Стоит обратить внимание на негативный, хуже того, пренебрежительный оттенок, которым длительное время сопровождались слова «место», «местный», будь то в официальных документах или в обыденной речи. Впрочем, почему вдруг прошедшее время?-В Советском энциклопедическом словаре 1987 года издания мы все так же можем прочесть: «В современном значении «местничество» — выдвижение на первый план узкоместных интересов, наносящее ущерб общему делу». Прямо заклинание: в противоположность широкому, то есть хорошему и важному, местное заведомо есть нечто узкое, в смысле худшее. Более того, какое-то полумифическое общее дело противопоставлено местному, обозначенному как «необщее», то есть не просто специфическому, а эгоистическому, второ- или даже третьестепенному.

Припомним открыто пренебрежительный оттенок, словно уже содержащийся в самих словах «на местах» или «с мест». Определение же «местная промышленность» автоматически несет в себе не то чтобы третьеразрядность, но вообще вынесенность за разряды могучей нашей индустрии. Почему? Откуда это презрение, совершенно неведомое прочим народам и культурам, где слово «провинция» есть, да и то оснащенное разными оттенками отношения, но слово «местный» занимает в иерархии ценностей весьма высокую позицию?

Язык всегда правдив. Как и архитектура, он всегда говорит правду, даже тогда, когда целью является сознательная ложь.

Павел Николаевич Милюков, не всегда точный в исторических своих оценках, был совершенно прав, когда утверждал: «Наша история не выработала никаких прочных связей, никакой местной организации. Немедленно по присоединению к Москве присоединенные области распадались на атомы, из которых правительство могло лепить какие угодно тела». Если это суждение справедливо для долгого процесса расширения Российского государства, то оно трижды верно для всего послереволюционного периода нашей истории. У процесса целенаправленной атомизации обжитого пространства была твердая идеологическая платформа: «Только общество, способное установить гармоническое сочетание своих производительных сил по единому общему плану, может позволить промышленности разместиться по всей стране так, как это наиболее удобно для ее развития и сохранения, а также и для развития прочих элементов производства».

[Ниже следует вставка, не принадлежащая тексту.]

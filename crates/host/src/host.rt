// What a host owns: all its memory is taken when it is made.
mod entries;
mod homes;
mod reads;
mod texts;

use crate::text_table::TextTable;
use listing::Files;
use tables::{Accounts, Groups};
use text::Name;
use trust::{Domain, TrustLines};

// A .rhosts has the place of its account.
#[derive(Drop)]
pub struct Host {
    name: Name,
    accounts: TextTable<Accounts>,
    groups: TextTable<Groups>,
    files: TextTable<Files>,
    equiv: TextTable<TrustLines<16>>,
    domain: TextTable<Option<Domain>>,
    rhosts: [TextTable<TrustLines<4>>; 16],
}
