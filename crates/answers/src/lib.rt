// Asks one question of a bare trial over a named source, and prints the answer.
#![tactic(auto)]

mod asked;
mod lines;

pub use asked::{Outcome, answer, print_reply, refuse};
pub use lines::{held_alone, held_at, start_and_goal};
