// When a text may be read.
ghost use Rattle.std.specs.Prelude.{◌≡◌};
ghost use Rattle.host.specs.Reads.{in_turn};

use reading::{Kind, Refusal, TextFault};

// Refuses a text that is too long, and then one that is read out of turn or twice.
pub fn in_turn(kind: Kind, text: &[u8], turn: bool) -> Result<(), TextFault>
    ensures { result ≡ in_turn kind text.now turn }
{
    if text.len() > 8192 {
        return Err(TextFault::of_text(kind, Refusal::TooLong));
    }
    if !turn {
        return Err(TextFault::of_text(kind, Refusal::OutOfTurn));
    }
    Ok(())
}
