// A host: the tables that its texts are read into, and which of its texts have been read.
#![tactic(auto)]

mod host;
mod text_table;
mod turn;

pub use host::Host;
pub use text_table::TextTable;
pub use turn::in_turn;
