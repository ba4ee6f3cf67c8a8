// A question as its two lines say it.
ghost use Rattle.std.specs.Prelude.{◌≡◌, true, replicate, IfOk, slice_set};
ghost use Rattle.answers.specs.Questions.{NamedByLines};

use print::privilege_of;
use rules::named::Named;
use rules::source::RuleSource;
use std::alloc::{AllocError, Global};
use text::lines;

// Start and goal: the live privileges that the first two lines print, or none where one of them is missing or printed by none.
pub fn start_and_goal<S: Named>(source: &S, question: &[u8]) -> Option<(u16, u16)>
    ensures { NamedByLines (S.RuleSource.meaning source.now) (S.form source.now) question.now result }
{
    let mut lines = lines(question);
    let first = lines.next()?;
    let second = lines.next()?;
    let start = privilege_of(source, first)?;
    let goal = privilege_of(source, second)?;
    Some((start, goal))
}

// The bytes of a held set of n privileges in which p alone is held.
pub fn held_alone(heap: Global, n: usize, p: u16) -> Result<Vec<u8>, AllocError>
    ensures { IfOk result (λ v. v.items ≡ slice_set (replicate n 0) p 1) }
{
    let mut held = vec![in heap; 0u8; n]?;
    if let Some(byte) = held.get_mut(p as usize) {
        *byte = 1;
    }
    Ok(held)
}

// The held bytes of a question over the source: its start alone, which is live, so that something is held.
pub fn held_at<S: RuleSource>(heap: Global, source: &S, start: u16) -> Result<Vec<u8>, AllocError>
    requires { (S.meaning source.now).live start ≡ true }
    ensures { IfOk result (λ v. v.items ≡ slice_set (replicate (S.meaning source.now).count 0) start 1) }
{
    held_alone(heap, source.count() as usize, start)
}
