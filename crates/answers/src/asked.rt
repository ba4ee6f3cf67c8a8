// One question, answered in printed lines.
use crate::lines::{held_at, start_and_goal};
use print::{Refused, no_chain_line, plan_line, refusal_line};
use rules::measure::Measure;
use rules::named::Named;
use search::answer::Refusal;
use std::io;
use std::process::ExitCode;
use trial::calls::{Call, Plan, Reply};
use trial::prepared_calls::PreparedCalls;

// Whether there was an answer, a plan or that there is no chain, or a refusal, which is no answer.
#[derive(Clone, Copy, Debug, PartialEq, Eq)]
pub enum Outcome {
    Answered,
    Refused,
}

// The status of a program tells an answer from a refusal.
impl From<Outcome> for ExitCode {
    fn from(outcome: Outcome) -> ExitCode {
        match outcome {
            Outcome::Answered => ExitCode::SUCCESS,
            Outcome::Refused => ExitCode::FAILURE,
        }
    }
}

// Prints a refusal.
pub fn refuse(rt: &HostRuntime, refused: Refused) -> io::Result<Outcome> {
    rt.write_all(refusal_line(refused).as_slice())?;
    Ok(Outcome::Refused)
}

// Prints what a question was answered: the plan, that there is no chain, or the refusal. No other way prints `No chain.`
fn print_answer<S: Named, W>(
    rt: &HostRuntime,
    source: &S,
    answer: &Result<Plan<W>, Refusal>,
) -> io::Result<Outcome> {
    match answer {
        Ok(plan) => {
            for (k, p) in (1..).zip(plan.privileges.iter()) {
                rt.write_all(plan_line(source, k, *p).as_slice())?;
            }
            Ok(Outcome::Answered)
        }
        Err(Refusal::NoChain) => {
            rt.write_all(no_chain_line().as_slice())?;
            Ok(Outcome::Answered)
        }
        Err(refusal) => refuse(rt, (*refusal).into()),
    }
}

// Prints the reply to a call.
pub fn print_reply<S: Named, W>(
    rt: &HostRuntime,
    source: &S,
    reply: &Reply<W>,
) -> io::Result<Outcome> {
    match reply {
        Reply::Changed(Ok(())) => {
            rt.write_all(b"Accepted.\n")?;
            Ok(Outcome::Answered)
        }
        Reply::Changed(Err(refusal)) => refuse(rt, (*refusal).into()),
        Reply::Asked(answer) => print_answer(rt, source, answer),
    }
}

// Answers the question of two lines, start and goal, over the source by the measure W.
pub fn answer<S: Named + Drop, W: Measure>(
    rt: &HostRuntime,
    source: S,
    question: &[u8],
) -> io::Result<Outcome> {
    let heap = rt.alloc();
    let Some((start, goal)) = start_and_goal(&source, question) else {
        return refuse(rt, Refusal::NotLive.into());
    };
    let held = held_at(heap, &source, start)?;
    let calls = [Call::Ask(held.as_slice(), goal)];
    let prepared: PreparedCalls<S, W> = PreparedCalls::new(heap, source, &calls)?;
    let done = prepared.run();
    match done.replies.first() {
        Some(reply) => print_reply(rt, &done.trial, reply),
        None => unreachable!(),
    }
}
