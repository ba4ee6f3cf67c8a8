// The table of a text, and whether the text has been read.
ghost use Rattle.std.specs.Prelude.{◌≡◌, false, is_ok};
ghost use Rattle.std.specs.Fn.{FnOnceReturnsAtMut};

use reading::TextFault;

// The table stands there unread too: its memory is taken when the host is made.
#[derive(Drop)]
pub struct TextTable<T> {
    pub table: T,
    pub read: bool,
}

impl<T> TextTable<T> {
    // A table whose text has not been read.
    pub fn unread(table: T) -> TextTable<T>
        ensures table { result.table ≡ table }
        ensures read { result.read ≡ false }
    {
        TextTable { table, read: false }
    }

    // Makes the text unread, and the table as on the first day.
    pub fn clear<F: FnOnce(&mut T)>(&mut self, clear: F)
        requires { F.IsAlwaysCallable clear }
        ensures table { FnOnceReturnsAtMut F.FnOnce clear self.old.table tt self.new.table }
        ensures read { self.new.read ≡ false }
    {
        clear(&mut self.table);
        self.read = false;
    }

    // Reads the text; it has then been read unless it is refused.
    pub fn read<F: FnOnce(&mut T) -> Result<(), TextFault>>(
        &mut self,
        read: F,
    ) -> Result<(), TextFault>
        requires { F.IsAlwaysCallable read }
        ensures table { FnOnceReturnsAtMut F.FnOnce read self.old.table result self.new.table }
        ensures read { self.new.read ≡ is_ok result }
    {
        let answer = read(&mut self.table);
        self.read = answer.is_ok();
        answer
    }
}
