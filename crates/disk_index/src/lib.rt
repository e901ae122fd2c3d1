//! Parts of the collection that lie in files: what is kept of them, blocks that are read when they are needed, and a part with
//! the store and the cache that it is read by. Parts with their marks, and snapshots of them.
#![tactic(auto)]

mod block;
mod cache;
mod documents;
mod index;
pub mod limits;
mod lookup;
mod marked_part;
mod name;
mod opening;
mod part;
mod presence;
mod ranks;
mod reader;
mod reading;
mod rebuild;
mod snapshot;

pub use block::Block;
pub use cache::{BlockCache, BlockKey};
pub use index::DiskIndex;
pub use marked_part::MarkedPart;
pub use name::{as_text, segment_name, write_hex};
pub use part::Part;
pub use presence::{next_in_memory, term_postings};
pub use reader::PartReader;
pub use reading::{file_length, read_bytes, store_fault};
pub use snapshot::{Snapshot, fits_snapshot};
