// A part of the collection that lies in a file.
ghost use Rattle.std.specs.Prelude.{◌≡◌, ◌≢◌, ◌≤◌, ◌<◌, ◌+◌, ◌*◌, ◌^◌, ℕ, List, Some, Err, IfOk, IfErr, IfSome, MatchOption, if◌then◌else◌, length, slice_index_or, IsTrue, [], is_some, OnOk};
ghost use Rattle.std.specs.List.{All, AllPairs};
ghost use Rattle.std.specs.List.Sorted.{IsStrictlyIncreasing};
ghost use Rattle.std.specs.Option.{option_map, option_map_or};
ghost use Rattle.ri_base.specs.Collection.{document_at};
ghost use Rattle.ri_base.specs.Documents.{Document, IsDocument};
ghost use Rattle.ri_base.specs.Faults.{IsOutside, TellsDamage};
ghost use Rattle.ri_base.specs.Keeps.{Rose};
ghost use Rattle.ri_base.specs.Places.{places};
ghost use Rattle.ri_base.specs.Vocabulary.{IsTermBefore};
ghost use Rattle.ri_base.specs.declared.limits.TheConstants.{MAX_DOC_TOKENS};
ghost use Rattle.store_ends.specs.Files.{Files, IsQuiet};
ghost use Rattle.seg_codec.specs.Blocks.{tokens_of};
ghost use Rattle.disk_index.specs.Blocks.{IsBlockFault, block_of, file_of, of_range};
ghost use Rattle.disk_index.specs.Cache.{AllKept, CacheKeeps, IsBlockOf, IsCacheBacked};
ghost use Rattle.disk_index.specs.Faults.{ArePlacesIn, AreTold, CameFrom, IsTermFault};
ghost use Rattle.disk_index.specs.Kept.{AreKept, IsOutline, IsSegmentOf, kept_of, key_of, place_of};
ghost use Rattle.disk_index.specs.Opening.{IsOpenFault, IsOpened};
ghost use Rattle.disk_index.specs.Presence.{IsNext};
ghost use Rattle.disk_index.specs.Ranks.{ranks_of, term_of};
ghost use Rattle.disk_index.specs.Reads.{HasSegment, IsBacked, IsIntact, rebuilt};
ghost use Rattle.disk_index.specs.Together.{begin_of};

use crate::lookup::{fronts_of, next_place, of_range, place_of, ranked_place};
use crate::opening::{KeptParts, docs_within, kept_within, read_kept};
use crate::ranks::{Ranks, ranks_by_range};
use crate::reading::file_length;
use crate::{Block, BlockCache, BlockKey};
use ri_base::{Docno, FieldSpan, FileName, NoMemory, PartName, Positions, SegFault, Steps, Term};
use seg_codec::{BlockPlace, Dictionary, Documents, Entry, TermBlocks};
use std::alloc::{AllocError, Global};
use std::marker::{Brand, Model};
use std::sync::ledger::{Blank, Ledger};
use store_ends::Store;

/// A part of the collection that lies in a file: the number of the file, and its documents without their tokens and its dictionary,
/// as they are kept. No places are kept; they are read block by block.
pub struct DiskIndex {
    number: u64,
    documents: Documents,
    dictionary: Dictionary,
    /// The ranks of the terms that have a block for each range.
    ranks: Vec<Ranks>,
    /// The first bytes of each term as a number, by which it is found sooner.
    fronts: Vec<u64>,
    /// Where the blocks begin in the file.
    blocks_at: u64,
}

impl Drop for DiskIndex {
    fn drop(self) {
        let DiskIndex {
            documents,
            dictionary,
            ranks,
            fronts,
            number: _,
            blocks_at: _,
        } = self;
        drop(documents);
        drop(dictionary);
        drop(ranks);
        drop(fronts);
    }
}

impl Model for DiskIndex {
    ghost use Rattle.disk_index.specs.Kept.{Kept};
    ghost use Rattle.disk_index.specs.Ranks.{AreHeld};

    ghost Value = { Kept };

    ghost view = { λ x. record { number = x.number; outlines = x.documents; dictionary = x.dictionary; begin = x.blocks_at } };

    ghost invariant = { λ x. AreHeld x.documents x.dictionary x.ranks.items };
}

Каким убедительным, каким привлекательным казался этот тезис, по сей день не вполне утративший сторонников, вопреки его очевидной практической несостоятельности. Свойственное марксизму почти мистическое поклонение крупной промышленности, стремление подчинить все и вся тому, что «наиболее удобно для ее развития и сохранения», могло остаться лишь теоретическим заблуждением, как всякое игнорирование природы и культуры. Однако у российских революционеров сугубо теоретическое умозаключение стало программой действия.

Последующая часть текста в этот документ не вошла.